→ **Listed records**
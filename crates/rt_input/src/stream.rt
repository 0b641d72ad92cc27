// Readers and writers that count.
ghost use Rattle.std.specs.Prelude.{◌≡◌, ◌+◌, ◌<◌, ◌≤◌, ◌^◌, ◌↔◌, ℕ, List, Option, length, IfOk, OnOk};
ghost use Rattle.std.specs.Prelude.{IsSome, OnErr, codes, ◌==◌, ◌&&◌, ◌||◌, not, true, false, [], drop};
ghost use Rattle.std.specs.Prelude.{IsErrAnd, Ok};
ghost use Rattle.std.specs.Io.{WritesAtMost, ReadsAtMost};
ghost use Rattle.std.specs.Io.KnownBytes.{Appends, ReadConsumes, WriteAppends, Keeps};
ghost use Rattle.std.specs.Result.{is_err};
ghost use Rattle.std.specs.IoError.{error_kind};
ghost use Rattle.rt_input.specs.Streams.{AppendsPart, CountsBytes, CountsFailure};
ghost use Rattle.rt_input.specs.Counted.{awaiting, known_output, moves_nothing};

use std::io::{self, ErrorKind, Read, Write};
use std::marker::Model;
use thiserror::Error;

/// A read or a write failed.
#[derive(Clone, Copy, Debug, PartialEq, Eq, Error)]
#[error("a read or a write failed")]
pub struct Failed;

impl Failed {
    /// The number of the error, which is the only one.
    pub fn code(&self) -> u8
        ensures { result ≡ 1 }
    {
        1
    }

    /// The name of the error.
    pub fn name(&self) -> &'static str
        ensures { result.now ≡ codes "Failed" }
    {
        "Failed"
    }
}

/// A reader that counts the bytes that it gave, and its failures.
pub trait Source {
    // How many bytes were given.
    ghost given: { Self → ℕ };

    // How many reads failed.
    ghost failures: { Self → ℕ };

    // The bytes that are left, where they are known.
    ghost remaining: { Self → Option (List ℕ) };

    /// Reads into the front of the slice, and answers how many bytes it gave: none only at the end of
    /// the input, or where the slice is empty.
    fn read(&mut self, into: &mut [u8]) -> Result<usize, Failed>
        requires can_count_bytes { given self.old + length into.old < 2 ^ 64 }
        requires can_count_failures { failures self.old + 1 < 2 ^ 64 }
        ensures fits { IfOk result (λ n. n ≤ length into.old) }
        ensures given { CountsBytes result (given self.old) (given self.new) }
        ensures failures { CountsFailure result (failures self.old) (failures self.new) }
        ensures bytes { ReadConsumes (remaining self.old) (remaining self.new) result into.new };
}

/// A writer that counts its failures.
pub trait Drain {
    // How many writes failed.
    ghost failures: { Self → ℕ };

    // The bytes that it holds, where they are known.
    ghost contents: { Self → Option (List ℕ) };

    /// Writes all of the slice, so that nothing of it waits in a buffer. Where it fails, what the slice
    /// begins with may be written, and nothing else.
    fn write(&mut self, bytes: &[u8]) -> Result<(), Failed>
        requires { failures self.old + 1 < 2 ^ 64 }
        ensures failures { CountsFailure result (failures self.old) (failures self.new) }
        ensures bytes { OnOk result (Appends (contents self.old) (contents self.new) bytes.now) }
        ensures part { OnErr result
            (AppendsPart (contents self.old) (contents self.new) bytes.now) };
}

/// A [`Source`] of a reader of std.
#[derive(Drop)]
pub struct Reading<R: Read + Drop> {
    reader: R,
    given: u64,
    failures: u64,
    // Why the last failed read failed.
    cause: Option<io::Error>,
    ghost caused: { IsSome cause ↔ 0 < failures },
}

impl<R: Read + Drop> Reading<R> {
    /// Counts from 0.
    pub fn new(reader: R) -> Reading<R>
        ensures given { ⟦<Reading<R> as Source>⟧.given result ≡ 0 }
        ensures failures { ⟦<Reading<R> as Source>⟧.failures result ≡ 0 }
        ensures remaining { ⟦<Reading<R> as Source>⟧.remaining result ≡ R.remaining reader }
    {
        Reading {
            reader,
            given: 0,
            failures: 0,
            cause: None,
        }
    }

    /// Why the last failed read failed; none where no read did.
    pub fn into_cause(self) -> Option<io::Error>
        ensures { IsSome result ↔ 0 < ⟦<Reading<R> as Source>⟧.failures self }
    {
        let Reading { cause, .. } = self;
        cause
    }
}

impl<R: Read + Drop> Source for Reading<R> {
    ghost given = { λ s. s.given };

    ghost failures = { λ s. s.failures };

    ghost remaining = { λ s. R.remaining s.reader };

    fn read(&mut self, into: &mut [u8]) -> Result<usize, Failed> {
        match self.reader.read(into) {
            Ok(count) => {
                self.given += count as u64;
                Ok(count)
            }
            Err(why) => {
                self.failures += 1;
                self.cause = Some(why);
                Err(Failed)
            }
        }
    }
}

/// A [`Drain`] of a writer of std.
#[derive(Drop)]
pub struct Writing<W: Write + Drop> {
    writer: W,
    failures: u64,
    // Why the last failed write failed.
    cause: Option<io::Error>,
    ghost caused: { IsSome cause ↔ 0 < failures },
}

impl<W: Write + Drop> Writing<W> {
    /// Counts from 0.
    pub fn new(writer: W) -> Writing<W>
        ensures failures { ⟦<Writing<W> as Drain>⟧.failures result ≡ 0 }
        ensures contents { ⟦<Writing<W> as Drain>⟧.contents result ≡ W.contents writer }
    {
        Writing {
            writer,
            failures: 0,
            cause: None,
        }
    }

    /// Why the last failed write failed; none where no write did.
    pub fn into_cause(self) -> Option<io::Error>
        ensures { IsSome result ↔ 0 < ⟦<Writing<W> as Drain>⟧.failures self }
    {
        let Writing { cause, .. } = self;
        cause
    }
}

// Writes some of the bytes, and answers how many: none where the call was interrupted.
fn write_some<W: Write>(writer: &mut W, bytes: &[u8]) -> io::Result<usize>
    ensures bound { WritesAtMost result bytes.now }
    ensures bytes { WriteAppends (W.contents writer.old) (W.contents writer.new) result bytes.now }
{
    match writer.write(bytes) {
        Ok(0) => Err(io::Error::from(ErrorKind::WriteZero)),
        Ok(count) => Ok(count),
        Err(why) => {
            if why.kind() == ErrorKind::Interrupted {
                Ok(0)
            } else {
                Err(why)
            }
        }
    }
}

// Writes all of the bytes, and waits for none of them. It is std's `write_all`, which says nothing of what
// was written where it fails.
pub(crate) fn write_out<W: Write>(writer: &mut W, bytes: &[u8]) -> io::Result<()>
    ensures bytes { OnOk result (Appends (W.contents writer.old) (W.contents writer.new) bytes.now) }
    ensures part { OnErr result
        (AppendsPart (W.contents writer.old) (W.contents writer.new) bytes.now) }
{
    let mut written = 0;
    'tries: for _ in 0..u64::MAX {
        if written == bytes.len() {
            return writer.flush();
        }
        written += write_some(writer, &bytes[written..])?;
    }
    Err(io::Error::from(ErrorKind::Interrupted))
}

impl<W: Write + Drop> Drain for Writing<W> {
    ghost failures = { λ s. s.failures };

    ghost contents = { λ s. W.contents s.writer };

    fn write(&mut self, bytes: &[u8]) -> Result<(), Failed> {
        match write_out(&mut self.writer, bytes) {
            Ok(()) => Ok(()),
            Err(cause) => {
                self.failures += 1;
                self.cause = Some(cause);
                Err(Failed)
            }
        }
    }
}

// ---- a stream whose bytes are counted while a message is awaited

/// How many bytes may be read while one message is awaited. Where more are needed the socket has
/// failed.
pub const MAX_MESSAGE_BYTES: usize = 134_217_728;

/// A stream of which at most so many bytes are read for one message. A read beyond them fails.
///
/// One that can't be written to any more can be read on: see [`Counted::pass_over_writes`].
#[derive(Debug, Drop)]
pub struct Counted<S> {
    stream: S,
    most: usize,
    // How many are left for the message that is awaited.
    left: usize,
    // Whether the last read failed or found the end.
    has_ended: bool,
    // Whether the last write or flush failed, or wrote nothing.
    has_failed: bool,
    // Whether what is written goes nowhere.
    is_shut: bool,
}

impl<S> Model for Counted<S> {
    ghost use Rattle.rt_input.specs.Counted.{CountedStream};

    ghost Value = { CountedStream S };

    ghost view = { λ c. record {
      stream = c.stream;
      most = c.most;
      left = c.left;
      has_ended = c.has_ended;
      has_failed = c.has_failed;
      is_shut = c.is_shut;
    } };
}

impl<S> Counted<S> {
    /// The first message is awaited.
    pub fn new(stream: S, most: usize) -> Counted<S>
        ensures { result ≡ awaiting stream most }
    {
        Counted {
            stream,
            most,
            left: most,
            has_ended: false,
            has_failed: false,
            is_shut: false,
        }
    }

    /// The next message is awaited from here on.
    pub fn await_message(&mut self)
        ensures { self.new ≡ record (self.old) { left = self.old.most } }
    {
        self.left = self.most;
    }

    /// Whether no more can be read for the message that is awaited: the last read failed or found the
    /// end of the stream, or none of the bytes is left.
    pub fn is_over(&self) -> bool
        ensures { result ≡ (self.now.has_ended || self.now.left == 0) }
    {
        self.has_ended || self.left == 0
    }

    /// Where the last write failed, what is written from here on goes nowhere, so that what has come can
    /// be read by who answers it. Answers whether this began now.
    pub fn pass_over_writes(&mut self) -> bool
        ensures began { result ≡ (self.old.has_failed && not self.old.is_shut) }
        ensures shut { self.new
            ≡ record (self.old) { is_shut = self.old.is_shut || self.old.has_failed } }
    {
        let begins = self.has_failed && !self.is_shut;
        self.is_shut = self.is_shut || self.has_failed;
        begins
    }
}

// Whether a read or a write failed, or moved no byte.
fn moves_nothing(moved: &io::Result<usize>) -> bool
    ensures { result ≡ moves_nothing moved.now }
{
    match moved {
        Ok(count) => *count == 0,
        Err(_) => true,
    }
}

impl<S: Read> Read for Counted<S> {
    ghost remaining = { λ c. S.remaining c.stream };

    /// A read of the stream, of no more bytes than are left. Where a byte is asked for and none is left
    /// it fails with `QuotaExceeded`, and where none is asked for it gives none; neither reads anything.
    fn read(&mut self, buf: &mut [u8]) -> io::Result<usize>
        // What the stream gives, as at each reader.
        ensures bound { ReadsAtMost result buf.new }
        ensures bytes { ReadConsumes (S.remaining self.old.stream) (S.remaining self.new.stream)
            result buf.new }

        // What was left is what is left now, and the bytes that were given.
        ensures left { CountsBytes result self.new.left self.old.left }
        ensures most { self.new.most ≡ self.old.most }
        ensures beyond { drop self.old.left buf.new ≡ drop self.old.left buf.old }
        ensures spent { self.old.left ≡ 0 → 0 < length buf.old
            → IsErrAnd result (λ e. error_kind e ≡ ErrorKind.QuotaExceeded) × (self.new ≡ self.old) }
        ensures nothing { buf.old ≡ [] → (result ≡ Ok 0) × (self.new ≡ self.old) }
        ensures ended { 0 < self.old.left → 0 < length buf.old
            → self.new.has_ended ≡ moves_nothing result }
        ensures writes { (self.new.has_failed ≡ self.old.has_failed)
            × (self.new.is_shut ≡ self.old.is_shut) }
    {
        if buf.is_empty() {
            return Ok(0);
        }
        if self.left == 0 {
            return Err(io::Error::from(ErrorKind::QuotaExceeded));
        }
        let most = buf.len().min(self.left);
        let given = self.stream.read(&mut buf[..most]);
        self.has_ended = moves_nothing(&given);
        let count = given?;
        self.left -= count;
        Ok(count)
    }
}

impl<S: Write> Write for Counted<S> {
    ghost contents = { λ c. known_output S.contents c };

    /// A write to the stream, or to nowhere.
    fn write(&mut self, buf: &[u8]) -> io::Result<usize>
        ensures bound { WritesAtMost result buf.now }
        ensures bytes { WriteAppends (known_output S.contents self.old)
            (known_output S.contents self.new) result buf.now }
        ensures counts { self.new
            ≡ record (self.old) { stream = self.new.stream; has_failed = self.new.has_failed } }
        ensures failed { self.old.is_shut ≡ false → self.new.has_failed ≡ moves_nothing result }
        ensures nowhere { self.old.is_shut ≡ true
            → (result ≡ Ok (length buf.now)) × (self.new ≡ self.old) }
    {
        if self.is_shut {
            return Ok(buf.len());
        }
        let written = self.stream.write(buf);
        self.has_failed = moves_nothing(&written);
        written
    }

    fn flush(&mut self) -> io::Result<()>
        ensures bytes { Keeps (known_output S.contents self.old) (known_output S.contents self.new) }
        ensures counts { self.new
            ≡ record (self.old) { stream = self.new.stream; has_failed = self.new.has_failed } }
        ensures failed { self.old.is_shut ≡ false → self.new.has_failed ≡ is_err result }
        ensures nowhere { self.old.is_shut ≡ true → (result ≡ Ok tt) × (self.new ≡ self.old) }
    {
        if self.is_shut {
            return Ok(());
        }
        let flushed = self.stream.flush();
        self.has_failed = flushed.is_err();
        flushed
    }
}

→ **Task directions**
Across the data, pull every line containing the string "asked".

→ **Output for this exercise**
    /// A read of the stream, of no more bytes than are left. Where a byte is asked for and none is left
    /// it fails with `QuotaExceeded`, and where none is asked for it gives none; neither reads anything.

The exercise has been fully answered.